Summary of the Judgment

Keywords
Summary

Keywords

1. Tax provisions – Harmonisation of laws – Turnover taxes – Common system of value added tax – Exemptions provided for in the Sixth Directive

(Council Directive 77/388, Art. 13B(d)(1))

2. Tax provisions – Harmonisation of laws – Turnover taxes – Common system of value added tax – Exemptions provided for in the Sixth Directive

(Council Directive 77/388, Art. 13B(d)(1))

Summary

1. The fact that a taxable person analyses the financial situation of clients canvassed by him with a view to obtaining credit for them does not preclude recognition of the service supplied as being a negotiation of credit which is exempt under Article 13B(d)(1) of the Sixth Directive 77/388 on the harmonisation of the laws of the Member States relating to turnover taxes if the negotiation of credit offered by that taxable person falls to be considered as the principal service to which the provision of financial advice is ancillary, in such a way that the latter shares the same tax treatment as the former. It is for the national court to determine whether that is the case in the proceedings before it.

(see para. 20, operative part 1)

2. The fact that a taxable person has no contractual link with any of the parties to a credit agreement to the conclusion of which he has contributed and that he does not establish direct contact with one of those parties does not preclude that taxable person from providing a service of negotiation of credit which is exempt under Article 13B(d)(1) of the Sixth Directive 77/388 on the harmonisation of the laws of the Member States relating to turnover taxes.
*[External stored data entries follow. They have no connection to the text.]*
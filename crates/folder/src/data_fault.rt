//! Why the folder that an index is kept in can't be served.

use crate::damage::Damage;
use crate::look::LookFault;
use crate::mapping_file::MappingFault;
use replica::CopyFault;
use std::alloc::{AllocError, AllocFailed};
use std::fmt::Display;
use std::{fmt, io};
use translog::LogFault;

/// A refusal of a data folder. No file of it was cut or changed, but for a torn end that is cut off before the copy is led.
#[derive(Debug, Drop)]
pub enum DataFault {
    Folder(io::Error),
    NoIndex,
    InUse,
    File(&'static str, io::Error),
    NotPlain(&'static str),
    Missing(&'static str),
    NotJson(serde_json::Error),
    Mapping(doc::DocFault),
    OtherMapping(Difference),
    Master(LogFault),
    SeveralCopies,
    CopyFile(u32, io::Error),
    Copy(u32, CopyFault),
    Damaged(u32, Damage),
    /// A copy, and why what is torn of its log at this offset can't be kept.
    TornEnd(u32, u64, io::Error),
    NotLed,
    Seed(io::Error),
    NoMemory,
}

/// The first line in which the kept mapping and another one differ.
#[derive(Debug, Drop)]
pub struct Difference {
    pub line: u64,
    pub kept: String,
    pub given: String,
}

impl Display for DataFault {
    fn fmt<W: fmt::Write>(&self, f: &mut fmt::Formatter<W>) -> fmt::Result {
        match self {
            DataFault::Folder(error) => write!(f, "it can't be made: {error}"),
            DataFault::NoIndex => write!(f, "there is no index in it: it has no mapping.json"),
            DataFault::InUse => write!(f, "another process serves it: end that one first"),
            DataFault::File(name, error) => write!(f, "{name}: {error}"),
            DataFault::NotPlain(name) => write!(
                f,
                "{name} is no plain file, and a link, a FIFO or a device isn't written to"
            ),
            DataFault::Missing(name) => {
                write!(
                    f,
                    "{name} is missing, and other files of the index are there"
                )
            }
            DataFault::NotJson(error) => write!(f, "mapping.json isn't JSON: {error}"),
            DataFault::Mapping(fault) => write!(f, "mapping.json is no mapping: {fault}"),
            DataFault::OtherMapping(Difference { line, kept, given }) => write!(
                f,
                "it was begun with another mapping: line {line} of mapping.json is {kept:?}, and that of --mapping {given:?}; start without --mapping"
            ),
            DataFault::Master(fault) => write!(f, "master.log: {fault}"),
            DataFault::SeveralCopies => {
                write!(f, "master.log is that of an index of several copies")
            }
            DataFault::CopyFile(copy, error) => write!(f, "copy-{copy}.rsx: {error}"),
            DataFault::Copy(copy, fault) => write!(f, "copy-{copy}.rsx: {fault}"),
            DataFault::Damaged(copy, damage) => write!(f, "copy-{copy}.rsx: {damage}"),
            DataFault::TornEnd(copy, offset, error) => {
                write!(f, "copy-{copy}.torn-{offset} can't be written: {error}")
            }
            DataFault::NotLed => write!(
                f,
                "copy-1.rsx can't be made the primary: it or master.log can't be written, or they don't belong together"
            ),
            DataFault::Seed(error) => write!(f, "the system gives no random number: {error}"),
            DataFault::NoMemory => write!(f, "out of memory"),
        }
    }
}

impl From<AllocError> for DataFault {
    fn from(_refused: AllocError) -> DataFault {
        DataFault::NoMemory
    }
}

impl<T: Drop> From<AllocFailed<T>> for DataFault {
    fn from(_refused: AllocFailed<T>) -> DataFault {
        DataFault::NoMemory
    }
}

impl From<MappingFault> for DataFault {
    fn from(fault: MappingFault) -> DataFault {
        match fault {
            MappingFault::NotJson(error) => DataFault::NotJson(error),
            MappingFault::Mapping(fault) => DataFault::Mapping(fault),
            MappingFault::NoMemory => DataFault::NoMemory,
        }
    }
}

/// Why the log of a copy isn't opened.
pub(crate) fn of_look(copy: u32, fault: LookFault) -> DataFault {
    match fault {
        LookFault::Damage(damage) => DataFault::Damaged(copy, damage),
        LookFault::TornEnd(offset, error) => DataFault::TornEnd(copy, offset, error),
        LookFault::NoMemory => DataFault::NoMemory,
    }
}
The transactions exempted under Article 13B(d)(1) of the Sixth Directive are defined in terms of the nature of the services provided and not in terms of the person supplying or receiving the service. That provision, in fact, makes no reference to the latter. The same observation may be made as regards the nature of the relationship between the negotiator and the parties to the contract, since there is no reference to that subject in the wording of Article 13B(d)(1) of the Sixth Directive.
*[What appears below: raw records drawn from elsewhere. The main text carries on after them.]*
impl<D: LogDevice> Frames<D> {
    /// A log that isn't open yet: nothing is read.
    pub fn over(header: [u8; 4], device: D) -> Frames<D>
        ensures header { result.header ≡ header }
        ensures device { result.device ≡ device }
    {
        Frames { header, device }
    }

    /// Opens the log that a device holds, and gives its contents: `read` and then `mend`. A refusal hands the device back.
    pub fn open(
        alloc: Global,
        header: [u8; 4],
        device: D,
    ) -> Result<(Frames<D>, Vec<Vec<u8>>), Refused<D, LogFault>>
        ensures found { Gives (λ r. fault_of r.fault) (λ x. map (λ c. c.items) x.1.items) result (contents_in header (D.bytes device)) }
        ensures opened { IfOk result (λ x. IsOpened header (D.bytes device) (D.bytes x.0.device) (map (λ c. c.items) x.1.items) (D.failures device) (D.failures x.0.device)) }
        ensures refused { IfErr result (λ r. IsUnopened (is_device r.fault) header (D.bytes device) (D.bytes r.device) (D.failures device) (D.failures r.device)) }
        ensures offsets { IfOk result (λ x. 4 + length (flat_map framed (map (λ c. c.items) x.1.items)) < 2 ^ 64) }
        ensures header { IfOk result (λ x. x.0.header ≡ header) }
        ensures in_memory { D.in_memory ≡ true → IfErr result (λ r. is_device r.fault ≡ false) }
    {
        let mut frames = Frames::over(header, device);
        match frames.reopen(alloc) {
            Ok(contents) => Ok((frames, contents)),
            Err(fault) => Err(Refused {
                device: frames.into_device(),
                fault,
            }),
        }
    }

    /// Opens the log again, as after a failed `append`: `read` and then `mend`.
    pub fn reopen(&mut self, alloc: Global) -> Result<Vec<Vec<u8>>, LogFault>
        ensures found { Gives fault_of (λ cs. map (λ c. c.items) cs.items) result (contents_in self.old.header (D.bytes self.old.device)) }
        ensures opened { IfOk result (λ cs. IsOpened self.old.header (D.bytes self.old.device) (D.bytes self.new.device) (map (λ c. c.items) cs.items) (D.failures self.old.device) (D.failures self.new.device)) }
        ensures refused { IfErr result (λ e. IsUnopened (is_device e) self.old.header (D.bytes self.old.device) (D.bytes self.new.device) (D.failures self.old.device) (D.failures self.new.device)) }
        ensures offsets { IfOk result (λ cs. 4 + length (flat_map framed (map (λ c. c.items) cs.items)) < 2 ^ 64) }
        ensures header { self.new.header ≡ self.old.header }
        ensures in_memory { D.in_memory ≡ true → IfErr result (λ e. is_device e ≡ false) }
    {
        let (contents, torn) = self.read(alloc)?;
        self.mend(torn)?;
        Ok(contents)
    }

    /// The contents of the log's whole frames, and what of the log is torn. No byte changes. A length that is damaged so that it passes the
    /// end can't be told from a torn frame.
    pub fn read(&mut self, alloc: Global) -> Result<(Vec<Vec<u8>>, Torn), LogFault>
        ensures found { Gives fault_of (λ x. map (λ c. c.items) x.0.items) result (contents_in self.old.header (D.bytes self.old.device)) }
        ensures torn { IfOk result (λ x. IsTorn self.old.header (D.bytes self.old.device) (map (λ c. c.items) x.0.items) x.1) }
        ensures offsets { IfOk result (λ x. 4 + length (flat_map framed (map (λ c. c.items) x.0.items)) < 2 ^ 64) }
        ensures header { self.new.header ≡ self.old.header }
        ensures held { D.bytes self.new.device ≡ D.bytes self.old.device }
        ensures counts { D.failures self.new.device ≡ count_after (errs_with is_device result) (D.failures self.old.device) }
        ensures in_memory { D.in_memory ≡ true → IfErr result (λ e. is_device e ≡ false) }
    {
        scanned(alloc, &self.header, &mut self.device)
    }

    /// Cuts off the torn end that `read` found, or writes the header anew. Only for the header may memory run out, before a byte changes.
    pub fn mend(&mut self, torn: Torn) -> Result<(), LogFault>
        requires { (contents : List (List ℕ)) × IsTorn self.old.header (D.bytes self.old.device) contents torn }
        ensures ok { OnOk result (D.bytes self.new.device ≡ mended self.old.header (D.bytes self.old.device) torn) }
        ensures counts { OnOk result (D.failures self.new.device ≡ D.failures self.old.device) }
        ensures refused { IfErr result (λ e. IsUnopened (is_device e) self.old.header (D.bytes self.old.device) (D.bytes self.new.device) (D.failures self.old.device) (D.failures self.new.device)) }
        ensures cause { IfErr result (λ e. fault_of e ≡ None) }
        ensures header { self.new.header ≡ self.old.header }
        ensures in_memory { D.in_memory ≡ true → IfErr result (λ e. is_device e ≡ false) }
    {
        mend(&self.header, &mut self.device, torn)
    }

    /// Spells the frame of a content, and makes room for it. No byte changes.
    pub fn prepare(&mut self, alloc: Global, content: &[u8]) -> Result<Frame, LogFault>
        ensures frame { Gives fault_of (λ f. f) result (frame_of content.now) }
        ensures room { IfOk result (λ f. length f ≤ D.room self.new.device) }
        ensures header { self.new.header ≡ self.old.header }
        ensures held { D.bytes self.new.device ≡ D.bytes self.old.device }
        ensures failures { D.failures self.new.device ≡ D.failures self.old.device }
        ensures no_failure { IfErr result (λ e. is_device e ≡ false) }
    {
        let frame = Frame::of(alloc, content)?;
        self.device.reserve(frame.bytes.len())?;
        Ok(frame)
    }

    /// Adds the frame that was prepared last. It takes no memory. At `Err` the log is to be opened again.
    pub fn append(&mut self, frame: Frame) -> Result<(), LogFault>
        ensures ok { OnOk result (D.bytes self.new.device ≡ D.bytes self.old.device ++ frame) }
        ensures err { OnErr result (AddsFront (D.bytes self.old.device) frame (D.bytes self.new.device)) }
        ensures cause { IfErr result (λ e. e ≡ Device) }
        ensures counts { D.failures self.new.device ≡ count_after (is_err result) (D.failures self.old.device) }
        ensures in_memory { D.in_memory ≡ true → length frame ≤ D.room self.old.device → IsOk result }
        ensures header { self.new.header ≡ self.old.header }
    {
        self.device.append(&frame.bytes)?;
        Ok(())
    }

    /// Waits until the whole log is there after a crash too. One that failed isn't tried again: until the log is opened again, or read, it is refused,
    /// and so is an append.
    pub fn sync(&mut self) -> Result<Synced, LogFault>
        ensures held { D.bytes self.new.device ≡ D.bytes self.old.device }
        ensures room { D.room self.new.device ≡ D.room self.old.device }
        ensures all { IfOk result (λ s. s ≡ length (D.bytes self.new.device)) }
        ensures synced { OnOk result (D.synced self.new.device ≡ length (D.bytes self.new.device)) }
        ensures doubt { OnErr result (D.is_doubtful self.new.device ≡ true) }
        ensures refused { D.is_doubtful self.old.device ≡ true → is_err result ≡ true }
        ensures cause { IfErr result (λ e. e ≡ Device) }
        ensures counts { D.failures self.new.device ≡ count_after (is_err result) (D.failures self.old.device) }
        ensures in_memory { D.in_memory ≡ true → IsOk result }
        ensures header { self.new.header ≡ self.old.header }
    {
        let bytes = self.device.sync()?;
        Ok(Synced::of(bytes))
    }

    /// Whether the whole log is there after a crash too.
    pub fn is_synced(&self) -> bool
        ensures synced { result ≡ true → D.synced self.now.device ≡ length (D.bytes self.now.device) }
        ensures in_memory { D.in_memory ≡ true → result ≡ true }
    {
        self.device.is_synced()
    }

    /// The device.
    pub fn device(&self) -> &D
        ensures { result.now ≡ self.now.device }
    {
        &self.device
    }

    /// The device alone.
    pub fn into_device(self) -> D
        ensures { result ≡ self.device }
    {
        let Frames { header: _, device } = self;
        device
    }
}

// ---- what a device holds

/// The contents that a device holds, and what of its log is torn.
fn scanned<D: LogDevice>(
    alloc: Global,
    header: &[u8; 4],
    device: &mut D,
) -> Result<(Vec<Vec<u8>>, Torn), LogFault>
    ensures found { Gives fault_of (λ x. map (λ c. c.items) x.0.items) result (contents_in header.now (D.bytes device.old)) }
    ensures torn { IfOk result (λ x. IsTorn header.now (D.bytes device.old) (map (λ c. c.items) x.0.items) x.1) }
    ensures offsets { IfOk result (λ x. 4 + length (flat_map framed (map (λ c. c.items) x.0.items)) < 2 ^ 64) }
    ensures held { D.bytes device.new ≡ D.bytes device.old }
    ensures counts { D.failures device.new ≡ count_after (errs_with is_device result) (D.failures device.old) }
    ensures in_memory { D.in_memory ≡ true → IfErr result (λ e. is_device e ≡ false) }
{
    let bytes = read(alloc, device)?;
    let (contents, torn) = found(alloc, header, bytes.as_slice())?;
    let copies = copied(alloc, contents.as_slice())?;
    Ok((copies, torn))
}

/// All the bytes of a device.
pub(crate) fn read<D: LogDevice>(alloc: Global, device: &mut D) -> Result<Vec<u8>, LogFault>
    ensures bytes { IfOk result (λ bytes. bytes.items ≡ D.bytes device.old) }
    ensures held { D.bytes device.new ≡ D.bytes device.old }
    ensures cause { IfErr result (λ e. fault_of e ≡ None) }
    ensures counts { D.failures device.new ≡ count_after (errs_with is_device result) (D.failures device.old) }
    ensures in_memory { D.in_memory ≡ true → IfErr result (λ e. is_device e ≡ false) }
{
    match device.read_all(alloc) {
        Ok(bytes) => Ok(bytes),
        Err(fault) => Err(LogFault::from(fault)),
    }
}

/// The contents that some bytes hold, where they stand, and what of the bytes is torn.
pub(crate) fn found<'a>(
    alloc: Global,
    header: &[u8; 4],
    held: &'a [u8],
) -> Result<(Vec<&'a [u8]>, Torn), LogFault>
    ensures found { Gives fault_of (λ x. map (λ c. c.now) x.0.items) result (contents_in header.now held.now) }
    ensures torn { IfOk result (λ x. IsTorn header.now held.now (map (λ c. c.now) x.0.items) x.1) }
    ensures offsets { IfOk result (λ x. 4 + length (flat_map framed (map (λ c. c.now) x.0.items)) < 2 ^ 64) }
    ensures no_failure { IfErr result (λ e. is_device e ≡ false) }
{
    if !begins(held, header) {
        return Err(LogFault::BadMagic);
    }
    if held.len() < HEADER {
        return Ok((Vec::new(alloc), Torn::Header));
    }
    let (_, frames) = held.split_at(HEADER);
    let (contents, rest) = split(alloc, frames)?;
    Ok((contents, torn_end(rest, held.len())))
}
Moreover, the wording of Article 13B(d)(1) of the Sixth Directive does not, in principle, preclude the activity of negotiation from being broken down into separate services which may then fall under the concept of ‘negotiation of credit’ for the purposes of that provision and benefit from the exemption for which it provides. In those circumstances, it follows from the principle of fiscal neutrality that operators must be able to choose the form of organisation which, from the strictly commercial point of view, best suits them, without running the risk of having their operations excluded from the exemption provided for in Article 13B(d)(1) of the Sixth Directive.